## Task to carry out
Each line of the records that holds "None" should be shown in full.

- Opening Delimiter -

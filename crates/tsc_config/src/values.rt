//! What a table without a fault gives.
ghost use Rattle.std.specs.Prelude.{◌≡◌, ◌≤◌, IfOk, codes, []};
ghost use Rattle.policy_tree.specs.declared.policy.Join.TheVariants as join_is;
ghost use Rattle.toml.specs.Data.{get_member, table as table_data};
ghost use Rattle.toml.specs.View.{view, table_view, array_view};
ghost use Rattle.config_faults.specs.PolicyTypes.{type_name};
ghost use Rattle.config_faults.specs.Tables.{choice_row, number_row};
ghost use Rattle.tsc_config.specs.Values as spec;

use crate::composites::composite_of;
use crate::settings_values::{kind_in, number_at, text_at, text_of, truth_at};
use config_faults::{
    ChoiceKey, NumberKey, PolicyType, join_at, join_type, member, sub_key, type_at,
};
use otlp_types::{List, Text};
use policy_tree::{Join, Leaf, Policy, PolicyKind};
use std::alloc::{AllocError, Global};
use toml::value::Array;
use toml::{Table, Value};

/// The wait from a trace's root on, at whichever of its two names it stands, or its default.
pub fn root_wait_at(table: &Table) -> u64
    ensures { result ≡ spec.root_wait_of (table_view table.now) }
{
    if member(table, NumberKey::RootWait.row().0).is_some() {
        number_at(table, NumberKey::RootWait)
    } else {
        number_at(table, NumberKey::RootReceived)
    }
}

/// The addresses of a collector, and the paths of its output, of its decisions and of its record.
#[derive(Drop)]
pub struct Places {
    /// Where requests are taken.
    pub listen: Text,
    /// Where those in charge are answered.
    pub admin: Text,
    /// Where the numbers alone are answered.
    pub metrics: Text,
    /// The file of the output.
    pub output: Text,
    /// The file of the lines about decided traces.
    pub decisions: Text,
    /// The file of the requests that are taken.
    pub request_record: Text,
}

/// The addresses of a collector, and the paths of its output, of its decisions and of its record.
pub fn places_at(alloc: Global, table: &Table) -> Result<Places, AllocError>
    ensures listen { IfOk result (λ places. places.listen ≡ spec.address_of (codes "127.0.0.1:4318") (get_member (codes "listen") (table_view table.now))) }
    ensures admin { IfOk result (λ places. places.admin ≡ spec.address_of [] (get_member (codes "admin") (table_view table.now))) }
    ensures metrics { IfOk result (λ places. places.metrics ≡ spec.address_of [] (get_member (codes "metrics") (table_view table.now))) }
    ensures output { IfOk result (λ places. places.output ≡ spec.address_of [] (get_member (codes "output") (table_view table.now))) }
    ensures decisions { IfOk result (λ places. places.decisions ≡ spec.address_of [] (get_member (codes "decisions") (table_view table.now))) }
    ensures request_record { IfOk result (λ places. places.request_record ≡ spec.address_of [] (get_member (codes "record") (table_view table.now))) }
{
    Ok(Places {
        listen: address_at(alloc, table, "listen", "127.0.0.1:4318")?,
        admin: address_at(alloc, table, "admin", "")?,
        metrics: address_at(alloc, table, "metrics", "")?,
        output: address_at(alloc, table, "output", "")?,
        decisions: address_at(alloc, table, "decisions", "")?,
        request_record: address_at(alloc, table, "record", "")?,
    })
}

/// The text at a key, or its default.
fn address_at(alloc: Global, table: &Table, key: &str, default: &str) -> Result<Text, AllocError>
    ensures { IfOk result (λ text. text ≡ spec.address_of default.now (get_member key.now (table_view table.now))) }
{
    match member(table, key) {
        Some(value) => text_of(alloc, value),
        None => Text::from_str(alloc, default),
    }
}

/// Whether the other text stands at a key of one of two, and not that by default.
pub fn is_other_at(table: &Table, key: ChoiceKey) -> bool
    ensures { result ≡ spec.is_other (choice_row key) (get_member (choice_row key).name (table_view table.now)) }
{
    let (name, _, other) = key.row();
    match member(table, name) {
        Some(Value::String(text)) => text.as_str() == other,
        _ => false,
    }
}

/// The size of a cache of decisions, by its key in the table of the caches, or its default.
pub fn cache_size_at(table: &Table, key: NumberKey) -> usize
    requires lowest { (number_row key).lowest ≤ (number_row key).default }
    requires greatest { (number_row key).default ≤ (number_row key).greatest }
    ensures { result ≡ spec.cache_size (number_row key) (get_member (codes "decision_cache") (table_view table.now)) }
{
    match member(table, "decision_cache") {
        Some(value) => size_in(value, key),
        None => key.row().1 as usize,
    }
}

fn size_in(value: &Value, key: NumberKey) -> usize
    requires lowest { (number_row key).lowest ≤ (number_row key).default }
    requires greatest { (number_row key).default ≤ (number_row key).greatest }
    ensures { result ≡ spec.size_in (number_row key) (view value.now) }
{
    match value {
        Value::Table(sizes) => number_at(sizes, key) as usize,
        _ => key.row().1 as usize,
    }
}

/// The policies, in order, or with `sample_on_first_match` the one that is made of them.
pub fn policies_at(alloc: Global, table: &Table) -> Result<Vec<Policy>, AllocError>
    ensures { IfOk result (λ list. list.items ≡ spec.policies_given (table_view table.now)) }
{
    let policies = listed_at(alloc, table)?;
    if !truth_at(table, "sample_on_first_match") {
        return Ok(policies.into_vec());
    }
    let mut list = Vec::new(alloc);
    list.push(Policy {
        // One policy made of the others, so that no crate above has a setting more (D-035).
        name: Text::from_str(alloc, "")?,
        kind: PolicyKind::Joined {
            join: Join::FirstMatch,
            policies,
        },
    })?;
    Ok(list)
}

/// The policies at their key, in order.
fn listed_at(alloc: Global, table: &Table) -> Result<List<Policy>, AllocError>
    ensures { IfOk result (λ list. list ≡ spec.policies_of (get_member (codes "policies") (table_view table.now))) }
{
    match member(table, "policies") {
        Some(Value::Array(items)) => item_policies(alloc, items),
        _ => Ok(List::new(alloc)),
    }
}

#[cycle(policies)]
fn item_policies(alloc: Global, items: &Array) -> Result<List<Policy>, AllocError>
    ensures { IfOk result (λ list. list ≡ spec.item_policies (array_view items.now)) }
{
    let mut list = List::new(alloc);
    for item in items {
        if let Some(policy) = policy_value(alloc, item)? {
            list.push(policy)?;
        }
    }
    Ok(list)
}

#[cycle(policies)]
fn policy_value(alloc: Global, value: &Value) -> Result<Option<Policy>, AllocError>
    ensures { IfOk result (λ found. found ≡ spec.policy_value (view value.now)) }
{
    match value {
        Value::Table(table) => {
            let nested = parts_policies(alloc, join_at(table), table)?;
            Ok(Some(policy_of(alloc, table, nested)?))
        }
        _ => Ok(None),
    }
}

/// The policies that are joined so, of a policy table.
#[cycle(policies)]
fn parts_policies(alloc: Global, join: Join, table: &Table) -> Result<List<Policy>, AllocError>
    ensures { IfOk result (λ list. list ≡ spec.parts_policies join (table_view table.now)) }
{
    for (key, value) in table {
        if key.as_str() == join_type(join).name() {
            return parts_settings(alloc, join, value);
        }
    }
    Ok(List::new(alloc))
}

#[cycle(policies)]
fn parts_settings(alloc: Global, join: Join, value: &Value) -> Result<List<Policy>, AllocError>
    ensures { IfOk result (λ list. list ≡ spec.parts_settings join (view value.now)) }
{
    match value {
        Value::Table(settings) => sub_policies(alloc, join, settings),
        _ => Ok(List::new(alloc)),
    }
}

#[cycle(policies)]
fn sub_policies(alloc: Global, join: Join, table: &Table) -> Result<List<Policy>, AllocError>
    ensures { IfOk result (λ list. list ≡ spec.sub_policies join (table_view table.now)) }
{
    for (key, value) in table {
        if key.as_str() == sub_key(join) {
            return sub_value(alloc, join, value);
        }
    }
    Ok(List::new(alloc))
}

/// The policies of an array, or of a `not` that of one table.
#[cycle(policies)]
fn sub_value(alloc: Global, join: Join, value: &Value) -> Result<List<Policy>, AllocError>
    ensures { IfOk result (λ list. list ≡ spec.sub_value join (view value.now)) }
{
    match (join, value) {
        (Join::Not, Value::Table(table)) => one_policy(alloc, table),
        (Join::And | Join::Drop | Join::FirstMatch, Value::Array(items)) => {
            item_policies(alloc, items)
        }
        _ => Ok(List::new(alloc)),
    }
}

/// A list of the policy of one table.
#[cycle(policies)]
fn one_policy(alloc: Global, table: &Table) -> Result<List<Policy>, AllocError>
    ensures { IfOk result (λ list. list ≡ spec.sub_value join_is.Not (table_data (table_view table.now))) }
{
    let nested = parts_policies(alloc, join_at(table), table)?;
    let mut list = List::new(alloc);
    list.push(policy_of(alloc, table, nested)?)?;
    Ok(list)
}

/// The policy of a table, with these policies where it is made of others.
#[tactic(auto, unfolding(crate::specs::Values::policy_of))]
fn policy_of(alloc: Global, table: &Table, nested: List<Policy>) -> Result<Policy, AllocError>
    ensures { IfOk result (λ policy. policy ≡ spec.policy_of (table_view table.now) nested) }
{
    Ok(Policy {
        name: text_at(alloc, table, "name")?,
        kind: kind_typed(alloc, type_at(table), table, nested)?,
    })
}

fn kind_typed(
    alloc: Global,
    kind: Option<PolicyType>,
    table: &Table,
    nested: List<Policy>,
) -> Result<PolicyKind, AllocError>
    ensures { IfOk result (λ found. found ≡ spec.kind_typed kind (table_view table.now) nested) }
{
    // What is given for a table with a fault is never used: it is refused.
    match kind {
        None => Ok(PolicyKind::Leaf(Leaf::AlwaysSample)),
        Some(PolicyType::And) => Ok(PolicyKind::Joined {
            join: Join::And,
            policies: nested,
        }),
        Some(PolicyType::Not) => Ok(PolicyKind::Joined {
            join: Join::Not,
            policies: nested,
        }),
        Some(PolicyType::Drop) => Ok(PolicyKind::Joined {
            join: Join::Drop,
            policies: nested,
        }),
        Some(PolicyType::Composite) => Ok(PolicyKind::Joined {
            join: Join::FirstMatch,
            policies: composite_of(alloc, table, nested)?,
        }),
        Some(PolicyType::TraceFlags) => Ok(PolicyKind::Leaf(Leaf::TraceFlags)),
        Some(kind) => kind_by(alloc, kind, table),
    }
}

fn kind_by(alloc: Global, kind: PolicyType, table: &Table) -> Result<PolicyKind, AllocError>
    ensures { IfOk result (λ found. found ≡ spec.kind_by kind (get_member (type_name kind) (table_view table.now))) }
{
    match member(table, kind.name()) {
        Some(value) => kind_of(alloc, kind, value),
        None => Ok(PolicyKind::Leaf(Leaf::AlwaysSample)),
    }
}

fn kind_of(alloc: Global, kind: PolicyType, value: &Value) -> Result<PolicyKind, AllocError>
    ensures { IfOk result (λ found. found ≡ spec.kind_of kind (view value.now)) }
{
    match value {
        Value::Table(settings) => kind_in(alloc, kind, settings),
        _ => Ok(PolicyKind::Leaf(Leaf::AlwaysSample)),
    }
}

- Closing Delimiter -

## Answer to this problem
        None => Text::from_str(alloc, default),
        None => key.row().1 as usize,
        _ => Ok(None),
        None => Ok(PolicyKind::Leaf(Leaf::AlwaysSample)),
        None => Ok(PolicyKind::Leaf(Leaf::AlwaysSample)),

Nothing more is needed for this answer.